▶ [SUPPLIED MATERIAL]

========================================

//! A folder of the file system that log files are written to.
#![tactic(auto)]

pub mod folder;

========================================

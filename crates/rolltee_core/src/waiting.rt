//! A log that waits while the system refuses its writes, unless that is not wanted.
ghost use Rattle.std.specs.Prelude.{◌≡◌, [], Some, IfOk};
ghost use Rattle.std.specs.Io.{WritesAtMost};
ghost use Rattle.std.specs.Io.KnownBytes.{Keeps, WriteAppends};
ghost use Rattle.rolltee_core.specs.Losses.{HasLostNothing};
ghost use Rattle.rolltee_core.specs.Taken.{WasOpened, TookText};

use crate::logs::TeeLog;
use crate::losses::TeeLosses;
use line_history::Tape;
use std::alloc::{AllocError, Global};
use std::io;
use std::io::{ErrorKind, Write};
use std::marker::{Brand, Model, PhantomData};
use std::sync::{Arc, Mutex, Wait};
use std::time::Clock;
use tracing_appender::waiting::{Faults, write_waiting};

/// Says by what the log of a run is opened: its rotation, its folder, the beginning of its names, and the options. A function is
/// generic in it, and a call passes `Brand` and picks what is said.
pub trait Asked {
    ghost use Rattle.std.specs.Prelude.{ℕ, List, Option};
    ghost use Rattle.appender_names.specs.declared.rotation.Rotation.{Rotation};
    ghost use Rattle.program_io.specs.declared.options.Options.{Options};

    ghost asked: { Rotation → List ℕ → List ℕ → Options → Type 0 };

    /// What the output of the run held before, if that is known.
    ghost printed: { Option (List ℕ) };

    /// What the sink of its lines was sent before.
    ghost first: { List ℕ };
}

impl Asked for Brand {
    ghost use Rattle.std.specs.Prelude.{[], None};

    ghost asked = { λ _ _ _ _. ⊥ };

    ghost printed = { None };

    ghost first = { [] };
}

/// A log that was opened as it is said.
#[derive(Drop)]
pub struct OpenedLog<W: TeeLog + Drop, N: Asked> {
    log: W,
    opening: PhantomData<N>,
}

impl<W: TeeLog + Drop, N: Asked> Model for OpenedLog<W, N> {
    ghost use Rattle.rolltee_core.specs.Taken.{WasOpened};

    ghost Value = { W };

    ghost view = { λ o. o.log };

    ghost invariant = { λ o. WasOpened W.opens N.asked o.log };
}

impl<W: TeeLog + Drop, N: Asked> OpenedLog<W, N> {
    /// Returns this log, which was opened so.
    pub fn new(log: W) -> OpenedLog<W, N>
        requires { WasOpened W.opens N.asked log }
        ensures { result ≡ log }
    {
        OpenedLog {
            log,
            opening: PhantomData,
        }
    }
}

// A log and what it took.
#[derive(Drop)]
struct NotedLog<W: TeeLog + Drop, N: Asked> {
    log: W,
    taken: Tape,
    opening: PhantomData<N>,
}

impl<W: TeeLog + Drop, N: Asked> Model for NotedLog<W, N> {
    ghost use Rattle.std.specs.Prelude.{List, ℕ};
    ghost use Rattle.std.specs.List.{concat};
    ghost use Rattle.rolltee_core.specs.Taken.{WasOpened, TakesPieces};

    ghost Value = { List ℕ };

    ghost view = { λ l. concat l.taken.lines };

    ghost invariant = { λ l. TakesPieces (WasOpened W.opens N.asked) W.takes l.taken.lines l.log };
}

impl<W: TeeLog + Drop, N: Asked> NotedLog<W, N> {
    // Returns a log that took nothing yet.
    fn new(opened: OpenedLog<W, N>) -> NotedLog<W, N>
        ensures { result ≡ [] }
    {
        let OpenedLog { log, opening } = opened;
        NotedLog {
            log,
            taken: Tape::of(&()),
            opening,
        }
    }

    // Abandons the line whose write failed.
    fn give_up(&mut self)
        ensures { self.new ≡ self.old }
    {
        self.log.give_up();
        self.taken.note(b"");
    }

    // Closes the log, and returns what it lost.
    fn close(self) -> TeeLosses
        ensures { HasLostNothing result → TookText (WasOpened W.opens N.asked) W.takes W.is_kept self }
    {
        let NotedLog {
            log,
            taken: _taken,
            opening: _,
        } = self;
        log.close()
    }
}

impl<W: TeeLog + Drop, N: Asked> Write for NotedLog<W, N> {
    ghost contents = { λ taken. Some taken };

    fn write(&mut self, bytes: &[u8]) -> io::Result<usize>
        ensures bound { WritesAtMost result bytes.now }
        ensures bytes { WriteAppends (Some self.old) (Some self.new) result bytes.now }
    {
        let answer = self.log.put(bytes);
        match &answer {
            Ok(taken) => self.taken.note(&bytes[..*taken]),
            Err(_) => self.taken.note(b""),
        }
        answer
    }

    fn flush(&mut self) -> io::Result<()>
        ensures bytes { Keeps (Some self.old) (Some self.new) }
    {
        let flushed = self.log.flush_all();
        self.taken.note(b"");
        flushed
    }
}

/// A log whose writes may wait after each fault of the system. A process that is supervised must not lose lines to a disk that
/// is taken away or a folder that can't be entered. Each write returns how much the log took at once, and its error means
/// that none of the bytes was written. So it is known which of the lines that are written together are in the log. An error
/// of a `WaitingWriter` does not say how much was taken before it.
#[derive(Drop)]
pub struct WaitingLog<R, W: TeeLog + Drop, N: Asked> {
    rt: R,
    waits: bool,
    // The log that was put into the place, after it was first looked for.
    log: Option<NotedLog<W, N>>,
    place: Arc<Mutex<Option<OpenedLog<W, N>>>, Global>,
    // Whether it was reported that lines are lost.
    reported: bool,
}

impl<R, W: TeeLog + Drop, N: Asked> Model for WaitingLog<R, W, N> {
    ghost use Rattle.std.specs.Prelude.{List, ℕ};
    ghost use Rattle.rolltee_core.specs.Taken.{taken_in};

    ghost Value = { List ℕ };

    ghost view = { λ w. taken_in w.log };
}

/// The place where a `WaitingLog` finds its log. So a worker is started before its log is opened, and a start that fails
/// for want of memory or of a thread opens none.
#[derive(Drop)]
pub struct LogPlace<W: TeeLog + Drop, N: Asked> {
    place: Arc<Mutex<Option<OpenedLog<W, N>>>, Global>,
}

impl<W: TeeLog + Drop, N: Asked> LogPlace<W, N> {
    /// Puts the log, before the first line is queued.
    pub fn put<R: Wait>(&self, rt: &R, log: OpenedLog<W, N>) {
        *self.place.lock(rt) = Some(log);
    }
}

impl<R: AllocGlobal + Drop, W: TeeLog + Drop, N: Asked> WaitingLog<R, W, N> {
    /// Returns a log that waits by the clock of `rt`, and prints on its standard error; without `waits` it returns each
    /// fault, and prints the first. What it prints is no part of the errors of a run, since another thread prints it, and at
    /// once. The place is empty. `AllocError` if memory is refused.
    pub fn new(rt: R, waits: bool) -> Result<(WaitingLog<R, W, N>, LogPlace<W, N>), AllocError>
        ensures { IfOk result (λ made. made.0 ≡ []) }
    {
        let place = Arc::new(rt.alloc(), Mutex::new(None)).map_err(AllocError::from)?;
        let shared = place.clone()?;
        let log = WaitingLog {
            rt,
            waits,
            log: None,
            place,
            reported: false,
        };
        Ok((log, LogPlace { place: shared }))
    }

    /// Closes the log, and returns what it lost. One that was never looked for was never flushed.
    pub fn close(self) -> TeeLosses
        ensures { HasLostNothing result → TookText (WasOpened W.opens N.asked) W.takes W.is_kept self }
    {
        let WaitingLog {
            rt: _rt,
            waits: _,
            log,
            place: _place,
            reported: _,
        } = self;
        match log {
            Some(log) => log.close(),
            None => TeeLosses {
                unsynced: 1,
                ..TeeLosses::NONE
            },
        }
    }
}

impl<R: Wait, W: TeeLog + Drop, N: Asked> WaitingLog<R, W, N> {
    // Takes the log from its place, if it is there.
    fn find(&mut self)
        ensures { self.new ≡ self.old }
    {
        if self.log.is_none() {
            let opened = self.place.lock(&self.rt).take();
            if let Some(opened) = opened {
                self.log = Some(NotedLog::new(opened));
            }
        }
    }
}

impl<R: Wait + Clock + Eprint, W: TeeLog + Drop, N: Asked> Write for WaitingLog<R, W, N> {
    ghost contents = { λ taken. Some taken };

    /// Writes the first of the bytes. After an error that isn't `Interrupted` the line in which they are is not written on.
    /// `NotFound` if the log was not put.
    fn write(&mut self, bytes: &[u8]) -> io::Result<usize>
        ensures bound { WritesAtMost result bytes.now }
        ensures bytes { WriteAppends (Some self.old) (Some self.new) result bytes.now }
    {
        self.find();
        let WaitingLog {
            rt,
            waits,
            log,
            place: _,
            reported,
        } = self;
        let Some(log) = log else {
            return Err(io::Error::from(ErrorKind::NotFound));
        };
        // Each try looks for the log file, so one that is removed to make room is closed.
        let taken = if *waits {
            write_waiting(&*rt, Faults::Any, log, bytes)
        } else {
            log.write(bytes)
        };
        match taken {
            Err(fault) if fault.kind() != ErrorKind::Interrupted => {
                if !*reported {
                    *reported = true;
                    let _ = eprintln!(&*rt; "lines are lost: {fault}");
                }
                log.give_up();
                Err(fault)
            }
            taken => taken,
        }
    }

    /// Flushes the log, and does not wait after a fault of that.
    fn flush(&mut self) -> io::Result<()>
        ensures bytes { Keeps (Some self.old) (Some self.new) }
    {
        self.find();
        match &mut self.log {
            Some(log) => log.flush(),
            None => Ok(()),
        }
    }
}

========================================

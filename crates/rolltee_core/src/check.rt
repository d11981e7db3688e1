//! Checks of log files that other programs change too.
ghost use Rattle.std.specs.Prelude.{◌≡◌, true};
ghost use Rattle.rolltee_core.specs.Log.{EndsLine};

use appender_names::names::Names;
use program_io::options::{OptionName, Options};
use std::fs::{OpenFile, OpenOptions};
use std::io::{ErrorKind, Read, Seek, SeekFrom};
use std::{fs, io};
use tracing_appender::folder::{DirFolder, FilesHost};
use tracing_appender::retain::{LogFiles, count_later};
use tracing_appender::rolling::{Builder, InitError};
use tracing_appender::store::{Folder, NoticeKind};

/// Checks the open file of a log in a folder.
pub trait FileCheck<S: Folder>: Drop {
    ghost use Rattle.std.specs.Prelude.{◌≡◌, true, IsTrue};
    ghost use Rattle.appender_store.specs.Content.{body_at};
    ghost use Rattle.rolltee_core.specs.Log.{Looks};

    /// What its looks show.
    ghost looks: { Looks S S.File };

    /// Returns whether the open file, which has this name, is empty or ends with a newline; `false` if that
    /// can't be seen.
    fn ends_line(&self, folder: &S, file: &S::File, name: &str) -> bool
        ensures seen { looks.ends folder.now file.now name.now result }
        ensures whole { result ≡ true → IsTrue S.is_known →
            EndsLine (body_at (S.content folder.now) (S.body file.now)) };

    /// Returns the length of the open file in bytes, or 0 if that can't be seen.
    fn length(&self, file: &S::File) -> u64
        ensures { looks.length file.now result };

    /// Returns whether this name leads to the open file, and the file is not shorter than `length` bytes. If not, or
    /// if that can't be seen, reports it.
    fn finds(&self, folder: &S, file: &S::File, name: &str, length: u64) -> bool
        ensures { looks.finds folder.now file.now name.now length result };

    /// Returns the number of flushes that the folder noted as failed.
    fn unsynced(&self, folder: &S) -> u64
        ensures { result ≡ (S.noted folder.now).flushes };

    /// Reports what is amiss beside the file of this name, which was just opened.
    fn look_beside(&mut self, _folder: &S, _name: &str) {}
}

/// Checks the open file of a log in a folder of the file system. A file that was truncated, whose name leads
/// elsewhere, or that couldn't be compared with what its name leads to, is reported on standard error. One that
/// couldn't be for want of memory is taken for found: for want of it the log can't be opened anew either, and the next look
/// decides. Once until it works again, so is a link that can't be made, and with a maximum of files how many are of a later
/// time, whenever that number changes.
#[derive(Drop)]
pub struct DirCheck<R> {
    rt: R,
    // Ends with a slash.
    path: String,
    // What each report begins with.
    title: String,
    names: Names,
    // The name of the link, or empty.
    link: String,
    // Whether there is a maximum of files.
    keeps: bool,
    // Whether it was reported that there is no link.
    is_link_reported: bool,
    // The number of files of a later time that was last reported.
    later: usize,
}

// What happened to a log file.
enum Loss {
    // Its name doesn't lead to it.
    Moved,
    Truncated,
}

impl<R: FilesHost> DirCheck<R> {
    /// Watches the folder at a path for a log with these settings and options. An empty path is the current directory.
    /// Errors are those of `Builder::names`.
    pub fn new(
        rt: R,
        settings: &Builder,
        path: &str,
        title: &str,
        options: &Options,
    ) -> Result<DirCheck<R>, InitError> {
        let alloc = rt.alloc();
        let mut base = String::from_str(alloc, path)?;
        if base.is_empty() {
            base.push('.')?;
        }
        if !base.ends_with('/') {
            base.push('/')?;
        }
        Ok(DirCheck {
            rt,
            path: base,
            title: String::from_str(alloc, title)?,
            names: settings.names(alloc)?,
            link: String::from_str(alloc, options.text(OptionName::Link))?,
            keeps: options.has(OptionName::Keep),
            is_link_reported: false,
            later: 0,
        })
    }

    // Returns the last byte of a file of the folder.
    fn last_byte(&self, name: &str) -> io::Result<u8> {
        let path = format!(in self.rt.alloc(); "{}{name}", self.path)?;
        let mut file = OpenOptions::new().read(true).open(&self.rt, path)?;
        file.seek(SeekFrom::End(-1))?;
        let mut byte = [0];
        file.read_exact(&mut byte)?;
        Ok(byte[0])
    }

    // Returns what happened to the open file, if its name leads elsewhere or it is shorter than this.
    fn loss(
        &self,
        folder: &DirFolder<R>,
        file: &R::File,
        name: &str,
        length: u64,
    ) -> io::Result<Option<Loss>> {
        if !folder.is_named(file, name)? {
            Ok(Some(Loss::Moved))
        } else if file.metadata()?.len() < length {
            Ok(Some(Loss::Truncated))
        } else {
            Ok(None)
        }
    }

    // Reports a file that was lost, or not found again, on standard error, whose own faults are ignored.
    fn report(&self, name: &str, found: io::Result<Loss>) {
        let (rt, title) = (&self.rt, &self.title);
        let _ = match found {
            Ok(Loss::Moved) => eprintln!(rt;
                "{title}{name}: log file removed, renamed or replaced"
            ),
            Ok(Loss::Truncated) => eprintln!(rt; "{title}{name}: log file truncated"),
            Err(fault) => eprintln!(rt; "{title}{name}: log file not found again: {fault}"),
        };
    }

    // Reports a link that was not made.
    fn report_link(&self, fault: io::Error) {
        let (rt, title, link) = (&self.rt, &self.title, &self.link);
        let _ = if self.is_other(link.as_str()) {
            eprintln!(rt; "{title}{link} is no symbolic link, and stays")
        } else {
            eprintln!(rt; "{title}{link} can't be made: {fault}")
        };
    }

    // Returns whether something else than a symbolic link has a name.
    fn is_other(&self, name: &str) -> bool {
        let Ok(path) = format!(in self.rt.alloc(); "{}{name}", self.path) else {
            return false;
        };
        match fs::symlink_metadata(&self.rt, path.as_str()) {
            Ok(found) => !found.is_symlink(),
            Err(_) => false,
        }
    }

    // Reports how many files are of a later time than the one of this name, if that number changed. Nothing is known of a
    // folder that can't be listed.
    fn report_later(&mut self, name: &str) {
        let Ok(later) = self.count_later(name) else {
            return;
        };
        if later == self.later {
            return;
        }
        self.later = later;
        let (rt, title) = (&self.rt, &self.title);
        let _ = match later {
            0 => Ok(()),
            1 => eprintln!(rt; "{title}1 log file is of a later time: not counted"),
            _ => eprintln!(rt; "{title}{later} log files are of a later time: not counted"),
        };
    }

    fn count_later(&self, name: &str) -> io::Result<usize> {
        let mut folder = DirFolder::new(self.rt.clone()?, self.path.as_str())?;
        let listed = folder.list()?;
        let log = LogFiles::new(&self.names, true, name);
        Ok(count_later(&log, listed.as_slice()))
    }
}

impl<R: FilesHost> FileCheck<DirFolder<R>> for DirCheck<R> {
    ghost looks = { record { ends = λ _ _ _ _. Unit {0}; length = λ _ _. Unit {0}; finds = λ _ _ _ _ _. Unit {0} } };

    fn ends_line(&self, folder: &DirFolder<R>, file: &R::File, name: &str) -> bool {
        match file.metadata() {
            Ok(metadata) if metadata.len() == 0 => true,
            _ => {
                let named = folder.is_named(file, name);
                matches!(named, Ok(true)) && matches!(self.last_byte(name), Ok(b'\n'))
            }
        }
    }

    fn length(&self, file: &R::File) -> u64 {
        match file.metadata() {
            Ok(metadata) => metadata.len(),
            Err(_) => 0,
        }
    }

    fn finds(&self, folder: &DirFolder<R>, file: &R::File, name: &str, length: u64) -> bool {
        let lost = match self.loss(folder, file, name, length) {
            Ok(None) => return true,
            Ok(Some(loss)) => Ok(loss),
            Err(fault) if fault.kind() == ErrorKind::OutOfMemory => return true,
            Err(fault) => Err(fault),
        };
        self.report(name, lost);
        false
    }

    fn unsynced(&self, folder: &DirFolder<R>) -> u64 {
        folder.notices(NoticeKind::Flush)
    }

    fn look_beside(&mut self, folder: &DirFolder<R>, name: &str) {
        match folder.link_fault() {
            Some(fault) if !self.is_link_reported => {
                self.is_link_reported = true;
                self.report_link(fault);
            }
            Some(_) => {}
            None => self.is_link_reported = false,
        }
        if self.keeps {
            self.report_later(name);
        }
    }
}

========================================

Within the listing above, extract exactly the lines from the line with "are written to." to the line with "pub mod folder;", the two named lines included, and no others.

//! A folder of the file system that log files are written to.
#![tactic(auto)]

pub mod folder;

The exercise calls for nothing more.